Karimov was the longest-serving ruler in the post-communist world, selected as secretary general of the Uzbek Soviet Socialist Republic in 1988 and then elected the first president of independent Uzbekistan after the Soviet Union collapsed. A referendum in 1995 extended his first term of office until 2000, with 99.6 percent of the vote. He was reelected for a sixth term last year, with the only alternative candidate voting for the incumbent president. In short, political freedoms remain virtually nonexistent.
Several days of intense speculation preceded the official announcement of his passing. “The Uzbek government cannot confirm the President's death because it has no instruction from the President himself,” read an initial comment on social media. The world learned of the ruler’s passing when Turkey’s prime minister sent his condolences.
There is no expectation that a new president will usher in democracy and a market economy.

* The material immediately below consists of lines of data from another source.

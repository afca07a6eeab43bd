// The report on calls.
ghost use Rattle.std.specs.Prelude.{◌≡◌, ◌++◌, IfOk, OnOk};
ghost use Rattle.calls_of.specs.Graphs.{calls_text, edge_line, node_text, numbered_text};

use crate::call_graph::Graph;
use crate::nodes::{Edge, Node};
use analysis::{Analysis, push_place};
use cs_base::Memory;
use std::alloc::Global;

/// The report `calls`: a line `PATH:LINE:COL NAME -> PATH:LINE:COL NAME` for each edge of a graph, whose nodes stand in
/// the files of the analysis.
#[tactic(auto, unfolding(crate::specs::Graphs::calls_text))]
pub fn print_calls(alloc: Global, a: &Analysis, g: &Graph) -> Result<Vec<u8>, Memory>
    ensures { IfOk result (λ text. text.items ≡ calls_text a.now.value.table g.now) }
{
    let mut text = Vec::new(alloc);
    for edge in g.edges() {
        push_edge(&mut text, a, g, *edge)?;
    }
    Ok(text)
}

// Adds the line of an edge.
fn push_edge(text: &mut Vec<u8>, a: &Analysis, g: &Graph, edge: Edge) -> Result<(), Memory>
    ensures { OnOk result (text.new.items ≡ text.old.items ++ edge_line a.now.value.table g.now.nodes edge) }
{
    push_numbered(text, a, g, edge.caller)?;
    text.extend_from_slice(b" -> ")?;
    push_numbered(text, a, g, edge.callee)?;
    text.extend_from_slice(b"\n")?;
    Ok(())
}

// Adds the node with a number, if there is one.
fn push_numbered(text: &mut Vec<u8>, a: &Analysis, g: &Graph, number: u32) -> Result<(), Memory>
    ensures { OnOk result (text.new.items ≡ text.old.items ++ numbered_text a.now.value.table g.now.nodes number) }
{
    match g.node(number) {
        Some(node) => push_node(text, a, node),
        None => Ok(()),
    }
}

// Adds a node by its place and its name.
fn push_node(text: &mut Vec<u8>, a: &Analysis, node: &Node) -> Result<(), Memory>
    ensures { OnOk result (text.new.items ≡ text.old.items ++ node_text a.now.value.table node.now) }
{
    push_place(text, a, node.at)?;
    text.extend_from_slice(b" ")?;
    text.extend_from_slice(node.name.bytes())?;
    Ok(())
}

Uzbekistan is celebrating 25 years of independence in 2016, but its citizens have not experienced freedom. The country has a score of 47 (out of 100) on the index of economic freedom in 2015, higher only than Turkmenistan’s, and only 20 percent of the economy, mostly services, is in private hands. Uzbekistan has the lowest political freedom score of any post-communist country. In 2005 government troops shot dead several hundred protesters in Andijan, over demands for better economic conditions in the southern regions of the country. The massacre led to the introduction of travel sanctions by the European Union, quietly lifted in 2009. Media freedom is lacking: The only nongovernment media covering news from Uzbekistan operates out of Moscow, Russia. Travel restrictions within the country apply to its own citizens: They need special permits to go from one region to another. Corruption has remained stubbornly high, with Uzbekistan ranked as the most corrupt in the World Bank’s World Governance Indicators.
There is no expectation that a new president will usher in democracy and a market economy. The two main contenders for the job are the head of the secret police and the current prime minister, known for his propensity for violence in his years as provincial governor. Freedom, unfortunately, will have to wait.